::: DATASET

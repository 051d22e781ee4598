//! The region that a script has made: alone, or mounted as a file system.

ghost use Rattle.std.specs.Prelude.{◌≡◌, true, false};
ghost use Rattle.nv_region.specs.Region.{put};
ghost use Rattle.nv_region.specs.declared.memory.Fuse.TheVariants as fuses;
ghost use Rattle.nv_session.specs.Machine.{has_word};
ghost use Rattle.nv_session.specs.Sessions.{IsSettled};

use nv_calls::Fs;
use nv_region::{Fuse, Keep, MemRegion, Pmem, commit_word};

/// A region in memory. A command that stores something sets the memory's fuse first.
#[derive(Drop)]
pub enum Store {
    /// Of which nothing is mounted.
    Alone(MemRegion),
    /// In a mounted file system.
    Mounted(Fs<MemRegion>),
}

impl Store {
    ghost use Rattle.nv_session.specs.Sessions.{memory_in};

    /// The memory.
    pub fn memory(&self) -> &MemRegion
        ensures { result.now ≡ memory_in self.now }
    {
        match self {
            Store::Alone(memory) => memory,
            Store::Mounted(mount) => mount.memory(),
        }
    }

    /// The memory again, of which nothing is mounted any more.
    pub fn into_memory(self) -> MemRegion
        ensures { result ≡ memory_in self }
    {
        match self {
            Store::Alone(memory) => memory,
            Store::Mounted(mount) => mount.into_memory(),
        }
    }
}

/// The memory with each word as it reads: nothing is pending in it, and it has no fuse. It costs what was pending.
pub fn keep_all(memory: MemRegion) -> MemRegion
    ensures region { result.region ≡ memory.region }
    ensures settled { IsSettled result }
    ensures fuse { (result.fuse ≡ fuses.Off) × (result.burnt ≡ false) }
{
    memory.after_stop(Keep::All)
}

/// Whether a word begins at the byte address, and is in the region.
pub fn has_word(memory: &MemRegion, at: u64) -> bool
    ensures { result ≡ has_word memory.now.region at }
{
    at % 8 == 0 && memory.len().saturating_sub(at) >= 8
}

/// The memory with a word stored and fenced.
pub fn poked(mut memory: MemRegion, at: u64, value: u64) -> MemRegion
    requires { has_word memory.region at ≡ true }
    ensures region { result.region ≡ put memory.region at value }
    ensures settled { IsSettled result }
{
    memory.set_fuse(Fuse::Off);
    if commit_word(&mut memory, at, value).is_err() {
        // A memory without a fuse doesn't stop.
        unreachable!()
    }
    memory
}
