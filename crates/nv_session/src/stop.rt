//! A stop that is set for the next command.

ghost use Rattle.std.specs.Prelude.{◌≡◌, false};

use nv_region::{Fuse, Keep};

/// The fuse that the next command sets on its memory, and what is kept of the region where it burns.
#[derive(Clone, Copy, PartialEq, Eq)]
pub struct Stop {
    pub fuse: Fuse,
    pub keep: Keep,
}

impl Stop {
    ghost use Rattle.nv_session.specs.Sessions.{is_armed};

    /// No stop.
    pub fn none() -> Stop
        ensures { is_armed result ≡ false }
    {
        Stop {
            fuse: Fuse::Off,
            keep: Keep::All,
        }
    }
}
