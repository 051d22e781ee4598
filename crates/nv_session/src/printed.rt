//! What a command prints: a text, or the line of a long part of a file, which is made a piece at a time as it is written.

ghost use Rattle.std.specs.Prelude.{◌≡◌, ◌<◌, length};

/// How many bytes of a file are shown at a time.
pub(crate) const PIECE: usize = 131_072;

/// What a command prints, until the next command is run.
#[derive(Drop)]
pub enum Printed {
    /// This text.
    Text(String),
    /// The line of a part of a file. It needs no memory to be written.
    Part(FilePart),
}

/// A part of the file at a path, from an offset up to an end, with room for a piece of its bytes and for their digits.
#[derive(Drop)]
pub struct FilePart {
    pub(crate) path: Vec<u8>,
    pub(crate) offset: u64,
    pub(crate) end: u64,
    pub(crate) bytes: Vec<u8>,
    pub(crate) digits: Vec<u8>,
    pub ghost some: { offset < end },
    pub ghost bytes_room: { length bytes.items ≡ 131072 },
    pub ghost digits_room: { length digits.items ≡ 262144 },
}
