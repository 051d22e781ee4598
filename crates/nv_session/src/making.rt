//! Making a region of zeros that are formatted.

ghost use Rattle.std.specs.Prelude.{IfOk};
ghost use Rattle.nv_session.specs.Made.{MayMake};
ghost use Rattle.nv_session.specs.Sessions.{is_armed};

use crate::stop::Stop;
use nv_calls::{FormatRefusal, format};
use nv_region::{MemRegion, RegionRefusal};
use nv_super::{LEAST_BLOCKS, MOST_BLOCKS};
use std::alloc::{AllocError, Global};

/// What came of making a region.
#[derive(Drop)]
pub enum Made {
    /// The region, formatted.
    Region(MemRegion),
    /// The first refusal that applies, which is no stop.
    Refused(FormatRefusal),
    /// What a stop left.
    Stopped(MemRegion),
}

/// Makes a region of `blocks` blocks of zeros, and formats it at this time with so many CPUs and table blocks for each.
/// No region is made for a number of blocks that is refused. It is stopped only where a stop is set.
///
/// Errors: `AllocError` where a growth was refused.
pub fn new_region(
    alloc: Global,
    cpus: u64,
    blocks: u64,
    table_blocks: u64,
    time: u64,
    stop: Stop,
) -> Result<Made, AllocError>
    ensures { IfOk result (λ made. MayMake (is_armed stop) cpus blocks table_blocks time made) }
{
    if blocks < LEAST_BLOCKS || blocks > MOST_BLOCKS {
        return Ok(Made::Refused(FormatRefusal::Length));
    }
    let mut memory = match MemRegion::new(alloc, blocks) {
        Ok(memory) => memory,
        Err(RegionRefusal::Length) => return Ok(Made::Refused(FormatRefusal::Length)),
        Err(RegionRefusal::Memory) => return Err(AllocError),
    };
    memory.set_fuse(stop.fuse);
    match format(&mut memory, cpus, table_blocks, time) {
        Ok(()) => Ok(Made::Region(memory)),
        Err(FormatRefusal::Stopped) => Ok(Made::Stopped(memory.after_stop(stop.keep))),
        Err(refusal) => Ok(Made::Refused(refusal)),
    }
}
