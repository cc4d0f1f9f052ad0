//! Dates and their years as texts.
ghost use Rattle.std.specs.Prelude.{◌≡◌, ◌+◌, IfOk, Some, unsigned_abs, false, true};
ghost use Rattle.std.specs.Int.{is_negative};
ghost use Rattle.haya_text.specs.Characters.{hyphen};
ghost use Rattle.haya_time.specs.DatePrinted.{HasText, mark_text, date_text, year_digits};
ghost use Rattle.haya_time.specs.DatePrinted.{part_text, designated_year, year_text, era_before};

use super::Date;
use haya_text::OutOfMemory;
use std::alloc::Global;
use std::fmt;

impl fmt::Display for Date {
    ghost output = { λ d. Some (date_text d) };

    /// The date by ISO 8601, as `2014-05-01`, with a tilde before one that is approximate.
    fn fmt<W: fmt::Write>(&self, f: &mut fmt::Formatter<W>) -> fmt::Result {
        let mark = if self.approximate { "~" } else { "" };
        let year = YearDigits(self.year);
        match (self.month, self.day) {
            (None, _) => write!(f, "{mark}{year}"),
            (Some(month), None) => write!(f, "{mark}{year}{}", Part(month)),
            (Some(month), Some(day)) => write!(f, "{mark}{year}{}{}", Part(month), Part(day)),
        }
    }
}

// A year with its sign, in four digits at least.
#[derive(Clone, Copy)]
struct YearDigits(i32);

impl fmt::Display for YearDigits {
    ghost output = { λ y. Some (year_digits y.0) };

    fn fmt<W: fmt::Write>(&self, f: &mut fmt::Formatter<W>) -> fmt::Result {
        let year = self.0;
        let sign = sign_of(year);
        let distance = distance_from_zero(year);
        write!(f, "{sign}{distance:04}")
    }
}

// A month or a day, which is kept less one, behind a hyphen.
#[derive(Clone, Copy)]
struct Part(u8);

impl fmt::Display for Part {
    ghost output = { λ n. Some (part_text n.0) };

    fn fmt<W: fmt::Write>(&self, f: &mut fmt::Formatter<W>) -> fmt::Result {
        let n = counted_from_one(self.0);
        write!(f, "-{n:02}")
    }
}

impl Date {
    /// The year as readers count it: the year before 1 is `1 BCE`. Another year stands alone.
    pub fn display_year(&self, alloc: Global) -> Result<String, OutOfMemory>
        ensures { IfOk result (HasText (year_text true false false false self.now.year)) }
    {
        self.display_year_opt(alloc, true, false, false, false)
    }

    /// The year as readers count it, with its era: `BCE` or `BC` behind a year before 1. Another
    /// year has one where `designate_positive` asks for it: `AD` in front where `ad_prefix` asks
    /// for that, or `CE` behind. `secular` chooses `BCE`, and `periods` writes each era with
    /// periods, as `B.C.E.`.
    pub fn display_year_opt(
        &self,
        alloc: Global,
        secular: bool,
        periods: bool,
        designate_positive: bool,
        ad_prefix: bool,
    ) -> Result<String, OutOfMemory>
        ensures { let year = self.now.year in
            IfOk result (HasText (year_text secular periods designate_positive ad_prefix year)) }
    {
        if self.year <= 0 {
            let year = 1 - i64::from(self.year);
            let era = era_before(secular, periods);
            return Ok(format!(in alloc; "{year} {era}")?);
        }
        if designate_positive {
            return self.designated_year(alloc, periods, ad_prefix);
        }
        Ok(format!(in alloc; "{}", self.year)?)
    }

    // The year with the era of the years from 1 on.
    fn designated_year(
        &self,
        alloc: Global,
        periods: bool,
        in_front: bool,
    ) -> Result<String, OutOfMemory>
        ensures { IfOk result (HasText (designated_year periods in_front self.now.year)) }
    {
        let year = self.year;
        if in_front {
            let era = if periods { "A.D." } else { "AD" };
            return Ok(format!(in alloc; "{era} {year}")?);
        }
        let era = if periods { "C.E." } else { "CE" };
        Ok(format!(in alloc; "{year} {era}")?)
    }
}

// A minus before a year below 0.
fn sign_of(year: i32) -> &'static str
    ensures { result.now ≡ mark_text (is_negative year) hyphen }
{
    if year < 0 { "-" } else { "" }
}

// The year without its sign.
fn distance_from_zero(year: i32) -> u32
    ensures { result ≡ unsigned_abs year }
{
    year.unsigned_abs()
}

// The number of a month or a day, which is kept less one.
fn counted_from_one(n: u8) -> u16
    ensures { result ≡ n + 1 }
{
    u16::from(n) + 1
}

// The era of the years before 1.
fn era_before(secular: bool, periods: bool) -> &'static str
    ensures { result.now ≡ era_before secular periods }
{
    match (secular, periods) {
        (true, false) => "BCE",
        (true, true) => "B.C.E.",
        (false, false) => "BC",
        (false, true) => "B.C.",
    }
}
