//! Dates are read: a text is taken part after part, from its front.
ghost use Rattle.std.specs.Prelude.{◌≡◌, ◌↔◌, ◌<◌, ◌≤◌, ◌≤ℤ◌, ◌^◌, ◌==◌, IfNone, IfSome, IsTrue};
ghost use Rattle.std.specs.Prelude.{Some, None, pos, negsuc, true};
ghost use Rattle.std.specs.Str.{chars};
ghost use Rattle.haya_time.specs.DateCalendar.{is_month};
ghost use Rattle.haya_time.specs.DateForms.{calendar_year, with_sign, date_with};
ghost use Rattle.haya_time.specs.DateReadBack.{ReadsBack};
ghost use Rattle.haya_time.specs.DateReading.{number_of, number_at, mark_at, sign_at, opening_at};
ghost use Rattle.haya_time.specs.DateReading.{part_at, date_at_end, with_day, with_month};
ghost use Rattle.haya_time.specs.DateReading.{date_read};
ghost use Rattle.haya_time.specs.DateSteps.{number_view, number_with_rest, opening_view};
ghost use Rattle.haya_time.specs.DateSteps.{with_digit, with_digits};
ghost use Rattle.haya_text.specs.Characters.{is_numeric, run, behind_run};

use super::calendar::{has_day, is_month, is_on_calendar};
use super::number::Number;
use super::{Date, DateError};
use crate::text::{behind, is_blank, skip_whitespace};
use haya_text::chars::{is_numeric, split_char};
use std::str::FromStr;

// What a date's text begins with: perhaps a tilde, then a year of two or four
// digits. The rest follows.
#[derive(Clone, Copy)]
pub(super) struct Opening<'a> {
    approximate: bool,
    count: u8,
    year: i16,
    rest: &'a str,
}

impl FromStr for Date {
    type Err = DateError;

    ghost from_str_gives = { λ text result. result ≡ date_read (chars text) };

    /// The date that the text writes, as ISO 8601 does: a year of four digits, with its month or
    /// without, or a full date, whose year may have two digits for 1950 to 2049. White space may
    /// stand round each part, and a tilde before a date that is approximate. `MonthOutOfBounds`
    /// and `DayOutOfBounds` tell of a month or a day that isn't there, whatever follows; any other
    /// text without a date has an `UnknownFormat`.
    fn from_str(text: &str) -> Result<Date, DateError> {
        let Some(opening) = take_opening(text) else {
            return Err(DateError::UnknownFormat);
        };
        read_month(opening)
    }
}

impl Date {
    /// Whether the date is read back from its printed text as itself: its year is -9999 to 9999,
    /// its month and day are the calendar's where they are told, no day is told without its
    /// month, and no season is.
    pub fn reads_back(&self) -> bool
        ensures { IsTrue result ↔ ReadsBack self.now }
    {
        let year = self.year;
        self.season.is_none()
            && -9999 <= year
            && year <= 9999
            && is_on_calendar(year as i16, self.month, self.day)
    }
}

// Reads what follows the year.
fn read_month(opening: Opening) -> Result<Date, DateError>
    requires year_low { negsuc 9998 ≤ℤ opening.year }
    requires year_high { opening.year ≤ℤ pos 9999 }
    ensures { let opening = opening_view opening.entry in
        result ≡ with_month opening (part_at opening.rest) }
{
    let date = Date {
        approximate: opening.approximate,
        ..Date::from_year(i32::from(opening.year))
    };
    let Some((month, rest)) = take_part(opening.rest) else {
        return date_at_end(opening.count == 4, date, opening.rest);
    };
    if !is_month(month) {
        return Err(DateError::MonthOutOfBounds);
    }
    read_day(opening, month, rest)
}

// Reads what follows the month.
fn read_day(opening: Opening, month: u8, text: &str) -> Result<Date, DateError>
    requires year_low { negsuc 9998 ≤ℤ opening.year }
    requires year_high { opening.year ≤ℤ pos 9999 }
    requires month { is_month month ≡ true }
    ensures { let rest = chars text.now in
        result ≡ with_day (opening_view opening.entry) month rest (part_at rest) }
{
    let date = Date {
        approximate: opening.approximate,
        month: Some(month - 1),
        ..Date::from_year(i32::from(opening.year))
    };
    let Some((day, rest)) = take_part(text) else {
        return date_at_end(opening.count == 4, date, text);
    };
    if !has_day(opening.year, month, day) {
        return Err(DateError::DayOutOfBounds(day));
    }
    let date = Date {
        day: Some(day - 1),
        ..date
    };
    date_at_end(true, date, rest)
}

// The date, if it is complete and nothing but white space is left.
fn date_at_end(complete: bool, date: Date, rest: &str) -> Result<Date, DateError>
    ensures { result ≡ date_at_end complete date (chars rest.now) }
{
    if complete && is_blank(rest) {
        Ok(date)
    } else {
        Err(DateError::UnknownFormat)
    }
}

// What a date's text begins with.
fn take_opening(text: &str) -> Option<Opening>
    ensures none { IfNone result (opening_at (chars text.now) ≡ None) }
    ensures some { IfSome result (λ o. opening_at (chars text.now) ≡ Some (opening_view o)) }
    ensures year_low { IfSome result (λ o. negsuc 9998 ≤ℤ o.year) }
    ensures year_high { IfSome result (λ o. o.year ≤ℤ pos 9999) }
{
    let (approximate, text) = take_mark(text);
    let (negative, text) = take_sign(text);
    let (number, rest) = take_number(text)?;
    let year = calendar_year(number, negative)?;
    Some(Opening {
        approximate,
        count: number.count,
        year,
        rest,
    })
}

// The calendar year that a number names.
fn calendar_year(number: Number, negative: bool) -> Option<i16>
    ensures year { result ≡ calendar_year number.count (with_sign negative number.value) }
    ensures low { IfSome result (λ year. negsuc 9998 ≤ℤ year) }
    ensures high { IfSome result (λ year. year ≤ℤ pos 9999) }
{
    let value = number.value as i16;
    let signed = if negative { -value } else { value };
    match number.count {
        4 => Some(signed),
        2 if signed < 50 => Some(signed + 2000),
        2 => Some(signed + 1900),
        _ => None,
    }
}

// Whether the text begins with a tilde, and what follows.
fn take_mark(text: &str) -> (bool, &str)
    ensures marked { result.0 ≡ (mark_at (chars text.now)).0 }
    ensures rest { chars result.1.now ≡ (mark_at (chars text.now)).1 }
{
    match behind(text, '~') {
        Some(rest) => (true, rest),
        None => (false, text),
    }
}

// Whether the text begins with a minus, and what follows the sign, if there is one.
fn take_sign(text: &str) -> (bool, &str)
    ensures negative { result.0 ≡ (sign_at (chars text.now)).0 }
    ensures rest { chars result.1.now ≡ (sign_at (chars text.now)).1 }
{
    if let Some(rest) = behind(text, '-') {
        return (true, rest);
    }
    match behind(text, '+') {
        Some(rest) => (false, rest),
        None => (false, text),
    }
}

// The number of one or two digits behind a hyphen, and what follows.
fn take_part(text: &str) -> Option<(u8, &str)>
    ensures none { IfNone result (part_at (chars text.now) ≡ None) }
    ensures some { IfSome result (λ p. part_at (chars text.now) ≡ Some (p.0, chars p.1.now)) }
    ensures small { IfSome result (λ p. p.0 < 100) }
{
    let (number, rest) = take_number(behind(text, '-')?)?;
    if 1 <= number.count && number.count <= 2 {
        Some((number.value as u8, rest))
    } else {
        None
    }
}

// The number at the front, perhaps behind white space, and what follows its
// run of numeric characters.
fn take_number(text: &str) -> Option<(Number, &str)>
    ensures none { IfNone result (number_at (chars text.now) ≡ None) }
    ensures some { IfSome result
        (λ p. number_at (chars text.now) ≡ Some (number_with_rest p.0 p.1.now)) }
{
    let (number, rest) = take_run(skip_whitespace(text));
    Some((number?, rest))
}

// The number that the run of numeric characters at the front spells, and what follows it.
#[tactic(auto, using(crate::proofs::DateNumbers::spelled))]
fn take_run(text: &str) -> (Option<Number>, &str)
    ensures none { IfNone result.0 (number_of (run is_numeric (chars text.now)) ≡ None) }
    ensures some { IfSome result.0
        (λ n. number_of (run is_numeric (chars text.now)) ≡ Some (n.count, n.value)) }
    ensures rest { chars result.1.now ≡ behind_run is_numeric (chars text.now) }
{
    let mut rest = text;
    let mut number = Some(Number { count: 0, value: 0 });
    'run: while let Some((c, tail)) = split_char(rest) {
        if !is_numeric(c) {
            return (number, rest);
        }
        number = with_digit(number, c);
        rest = tail;
    }
    (number, rest)
}

// The number with one more digit. There is none where the character is no
// digit, or would be the fifth.
fn with_digit(number: Option<Number>, c: char) -> Option<Number>
    ensures { number_view result ≡ with_digit (number_view number) c }
{
    let Number { count, value } = number?;
    let digit = c.to_digit(10)?;
    if count == 4 {
        return None;
    }
    Some(Number {
        count: count + 1,
        value: value * 10 + digit as u16,
    })
}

::::::

From the first line of the records above down to the line containing "pub enum Store", repeat each line exactly as written. Include both of those lines and add nothing.

repository 051d22e781ee4598
//! The region that a script has made: alone, or mounted as a file system.

ghost use Rattle.std.specs.Prelude.{◌≡◌, true, false};
ghost use Rattle.nv_region.specs.Region.{put};
ghost use Rattle.nv_region.specs.declared.memory.Fuse.TheVariants as fuses;
ghost use Rattle.nv_session.specs.Machine.{has_word};
ghost use Rattle.nv_session.specs.Sessions.{IsSettled};

use nv_calls::Fs;
use nv_region::{Fuse, Keep, MemRegion, Pmem, commit_word};

/// A region in memory. A command that stores something sets the memory's fuse first.
#[derive(Drop)]
pub enum Store {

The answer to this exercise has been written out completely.